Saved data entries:
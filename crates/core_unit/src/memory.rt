//! What memory holds when a run begins.

ghost use Rattle.std.specs.Prelude.{◌≡◌, ◌++◌, ◌+◌, ◌*◌, ◌^◌, ◌<◌, ◌≤◌, ℕ, length, replicate, IfOk, OnOk};
ghost use Rattle.core_unit.specs.Layout.{region, copies, opening_of};

use std::alloc::{AllocError, Global};

/// How many words the regions of threads have, one for each thread.
const THREADS: usize = 64;
/// The words of the region of a thread.
const REGION_WORDS: usize = 5120;
/// The address of the break; the halt word stands before it.
const BREAK: usize = (1 << 20) + 1;
/// How many words stand behind the break.
const LAST_WORDS: usize = 190;

/// Adds words that are zero.
fn add_zeros(words: &mut Vec<u64>, count: usize) -> Result<(), AllocError>
    requires { length words.old.items + count < 2 ^ 32 }
    ensures { OnOk result (words.new.items ≡ words.old.items ++ replicate count 0) }
{
    words.resize(words.len() + count, 0)
}

/// Adds the region of a thread.
fn add_region(words: &mut Vec<u64>, thread_words: &[u64]) -> Result<(), AllocError>
    requires few { length thread_words.now ≤ 1024 }
    requires room { length words.old.items < 2 ^ 30 }
    ensures { OnOk result (words.new.items ≡ words.old.items ++ region thread_words.now) }
{
    words.extend_from_slice(thread_words)?;
    add_zeros(words, REGION_WORDS - thread_words.len())
}

/// Adds the regions of all threads.
#[tactic(auto, using(crate::proofs::Regions::one_more, crate::proofs::Regions::room_for))]
fn add_regions(words: &mut Vec<u64>, thread_words: &[u64]) -> Result<(), AllocError>
    requires few { length thread_words.now ≤ 1024 }
    requires room { length words.old.items ≤ 2 ^ 20 }
    ensures { OnOk result (words.new.items ≡ words.old.items ++ copies 64 (region thread_words.now)) }
{
    'each: for _ in 0..THREADS {
        add_region(words, thread_words)?;
    }
    Ok(())
}

/// The words of memory at first, where the objects hold these.
#[tactic(auto, unfolding(crate::specs::Layout::opening_of), using(crate::proofs::Regions::room_for))]
pub fn opening(
    alloc: Global,
    static_words: &[u64],
    thread_words: &[u64],
) -> Result<Vec<u64>, AllocError>
    requires few { length static_words.now ≤ 524288 }
    requires few_thread { length thread_words.now ≤ 1024 }
    ensures { IfOk result (λ words. words.items ≡ opening_of static_words.now thread_words.now) }
{
    let heap = 1 + static_words.len() + THREADS * REGION_WORDS;
    let mut words = Vec::new(alloc);
    words.push(0)?;
    words.extend_from_slice(static_words)?;
    add_regions(&mut words, thread_words)?;
    add_zeros(&mut words, BREAK - heap)?;
    words.push(heap as u64)?;
    add_zeros(&mut words, LAST_WORDS)?;
    Ok(words)
}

__TASK REQUIREMENTS__. Set down exactly the line with "objects hold these." and each line after it up to the end of the records, adding nothing.

__WRITTEN ANSWER__.
/// The words of memory at first, where the objects hold these.
#[tactic(auto, unfolding(crate::specs::Layout::opening_of), using(crate::proofs::Regions::room_for))]
pub fn opening(
    alloc: Global,
    static_words: &[u64],
    thread_words: &[u64],
) -> Result<Vec<u64>, AllocError>
    requires few { length static_words.now ≤ 524288 }
    requires few_thread { length thread_words.now ≤ 1024 }
    ensures { IfOk result (λ words. words.items ≡ opening_of static_words.now thread_words.now) }
{
    let heap = 1 + static_words.len() + THREADS * REGION_WORDS;
    let mut words = Vec::new(alloc);
    words.push(0)?;
    words.extend_from_slice(static_words)?;
    add_regions(&mut words, thread_words)?;
    add_zeros(&mut words, BREAK - heap)?;
    words.push(heap as u64)?;
    add_zeros(&mut words, LAST_WORDS)?;
    Ok(words)
}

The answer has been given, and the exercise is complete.